Please restate exactly the lines of the data below, beginning with the line containing "result ≡ position" and ending with the last line.

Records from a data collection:
+ + + +

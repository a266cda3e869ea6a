//! White space, and what texts are made of.
ghost use Rattle.std.specs.Prelude.{◌≡◌, ◌≤◌, IfSome, length, not, position};
ghost use Rattle.std.specs.List.{list_all};
ghost use Rattle.byte_tables.specs.Classes.{is_field, is_token, is_white_space};
ghost use Rattle.head_grammar.specs.Classes.{trimmed, without_space_behind, without_space_in_front};

use byte_tables::is_white_space;

fn place_of_other(bytes: &[u8]) -> Option<usize>
    ensures place { result ≡ position (λ b. not (is_white_space b)) bytes.now }
    ensures within { IfSome result (λ at. at ≤ length bytes.now) }
{
    bytes.iter().position(|byte| !is_white_space(*byte))
}

/// The bytes without the white space in front.
pub(crate) fn trim_front(bytes: &[u8]) -> &[u8]
    ensures { result.now ≡ without_space_in_front bytes.now }
{
    let count = place_of_other(bytes).unwrap_or(bytes.len());
    &bytes[count..]
}

fn trim_behind(bytes: &[u8]) -> &[u8]
    ensures { result.now ≡ without_space_behind bytes.now }
{
    let mut end = bytes.len();
    while end > 0 && is_white_space(bytes[end - 1]) {
        end -= 1;
    }
    &bytes[..end]
}

/// The bytes without the white space at both ends.
pub fn trim(bytes: &[u8]) -> &[u8]
    ensures value { result.now ≡ trimmed bytes.now }
{
    trim_behind(trim_front(bytes))
}

pub(crate) fn are_token_bytes(bytes: &[u8]) -> bool
    ensures { result ≡ list_all is_token bytes.now }
{
    bytes.iter().all(|byte| byte_tables::is_token(*byte))
}

/// Whether a value or a reason can have all these bytes (RFC 9110, section 5.5).
pub fn are_field_bytes(bytes: &[u8]) -> bool
    ensures bytes { result ≡ list_all is_field bytes.now }
{
    bytes.iter().all(|byte| byte_tables::is_field(*byte))
}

+ + + +

• **Response to the exercise**
    ensures place { result ≡ position (λ b. not (is_white_space b)) bytes.now }
    ensures within { IfSome result (λ at. at ≤ length bytes.now) }
{
    bytes.iter().position(|byte| !is_white_space(*byte))
}

/// The bytes without the white space in front.
pub(crate) fn trim_front(bytes: &[u8]) -> &[u8]
    ensures { result.now ≡ without_space_in_front bytes.now }
{
    let count = place_of_other(bytes).unwrap_or(bytes.len());
    &bytes[count..]
}

fn trim_behind(bytes: &[u8]) -> &[u8]
    ensures { result.now ≡ without_space_behind bytes.now }
{
    let mut end = bytes.len();
    while end > 0 && is_white_space(bytes[end - 1]) {
        end -= 1;
    }
    &bytes[..end]
}

/// The bytes without the white space at both ends.
pub fn trim(bytes: &[u8]) -> &[u8]
    ensures value { result.now ≡ trimmed bytes.now }
{
    trim_behind(trim_front(bytes))
}

pub(crate) fn are_token_bytes(bytes: &[u8]) -> bool
    ensures { result ≡ list_all is_token bytes.now }
{
    bytes.iter().all(|byte| byte_tables::is_token(*byte))
}

/// Whether a value or a reason can have all these bytes (RFC 9110, section 5.5).
pub fn are_field_bytes(bytes: &[u8]) -> bool
    ensures bytes { result ≡ list_all is_field bytes.now }
{
    bytes.iter().all(|byte| byte_tables::is_field(*byte))
}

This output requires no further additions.